Calcitonin gene-related peptide (CGRP), one of the most potent endogenous vasodilators known, has been implicated in vascular adaptations and placental functions during pregnancy. The present study was designed to examine the existence of CGRP-A receptor components, the calcitonin receptor-like receptor (CRLR) and receptor activity-modifying protein 1 (RAMP1), in the human placenta and the vasoactivity of CGRP in the fetoplacental circulation. Immunofluorescent staining of the human placenta in term labor using polyclonal anti-CRLR and RAMP1 antibodies revealed that labeling specifically concentrated in the vascular endothelium and the underlying smooth muscle cells in the umbilical artery/vein, chorionic artery/vein, and stem villous vessels as well as in the trophoblast layer of the placental villi. In vitro isometric force measurement showed that CGRP dose dependently relaxes the umbilical artery/vein, chorionic artery/vein, and stem villous vessels.
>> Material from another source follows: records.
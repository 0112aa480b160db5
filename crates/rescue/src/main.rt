// Reads a torn bus log from standard input and writes what is whole of it to standard output.
// Standard error has the report, `R records kept dropped tear`; or why the log is refused, `X number place`; or what could not be read or written.
#![tactic(auto)]

use sheet::Kept;

// A line of standard error: a letter, the numbers, and LF.
fn report(rt: &HostRuntime, letter: &str, numbers: &[usize]) {
    let _ = eprint!(rt; "{letter}");
    for number in numbers {
        let _ = eprint!(rt; " {number}");
    }
    let _ = eprintln!(rt);
}

// What is kept, and then the report: nothing is reported of a log that is not written.
fn write_kept(rt: &HostRuntime, kept: &[u8], numbers: &[usize]) {
    match input::write_output(rt, kept) {
        Ok(()) => report(rt, "R", numbers),
        Err(error) => input::fail(rt, "rescue: standard output could not be written", &error),
    }
}

fn rescue_log(rt: &HostRuntime, log: &[u8]) {
    let mut out = input::log_buffer();
    match torn::rescue(log, &mut out) {
        Ok(
            Kept {
                records,
                bytes,
                dropped,
                tear,
            },
        ) => write_kept(rt, &out[..bytes], &[records, bytes, dropped, tear]),
        Err(refusal) => report(
            rt,
            "X",
            &[answers::number_of(refusal), answers::place_of(refusal)],
        ),
    }
}

fn main(rt: HostRuntime) {
    let mut log = input::log_buffer();
    match input::read_input(&mut rt.stdin(), &mut log) {
        Ok(count) => rescue_log(&rt, &log[..count]),
        Err(error) => { input::fail(&rt, "rescue: standard input could not be read", &error) }
    }
}
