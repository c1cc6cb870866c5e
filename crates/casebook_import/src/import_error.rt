//! Why a spool isn't imported.
ghost use Rattle.casebook_import.specs.declared.import_error.ImportError.TheVariants as errors;

use crate::NoMem;
use std::alloc::AllocFailed;
use thiserror::Error;

/// Why a spool isn't imported.
#[derive(Clone, Copy, Debug, Drop, PartialEq, Eq, Error)]
pub enum ImportError {
    /// Allocation failed.
    #[error("out of memory")]
    NoMem,
    /// There are more sessions than can be numbered with 32 bits.
    #[error("there are too many sessions")]
    TooManySessions,
}

impl From<NoMem> for ImportError {
    ghost use Rattle.std.specs.Prelude.{◌≡◌};

    ghost from_gives = { λ _ error. error ≡ errors.NoMem };

    fn from(_error: NoMem) -> ImportError {
        ImportError::NoMem
    }
}

impl<T: Drop> From<AllocFailed<T>> for ImportError {
    ghost use Rattle.std.specs.Prelude.{◌≡◌};

    ghost from_gives = { λ _ error. error ≡ errors.NoMem };

    fn from(_error: AllocFailed<T>) -> ImportError {
        ImportError::NoMem
    }
}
Furthermore, CGRP-induced relaxation of placental vessels are inhibited by a CGRP receptor antagonist (CGRP8-37), ATP-sensitive potassium (KATP) channel blocker (glybenclamide), and cAMP-dependent protein kinase A inhibitor (Rp-cAMPS) and partially inhibited by a nitric oxide inhibitor (Nomega-nitro-l-arginine methyl ester). We propose that CGRP may play a role in the control of human fetoplacental vascular tone, and the vascular dilations in response to CGRP may involve activation of KATP channels, cAMP, and a nitric oxide pathway.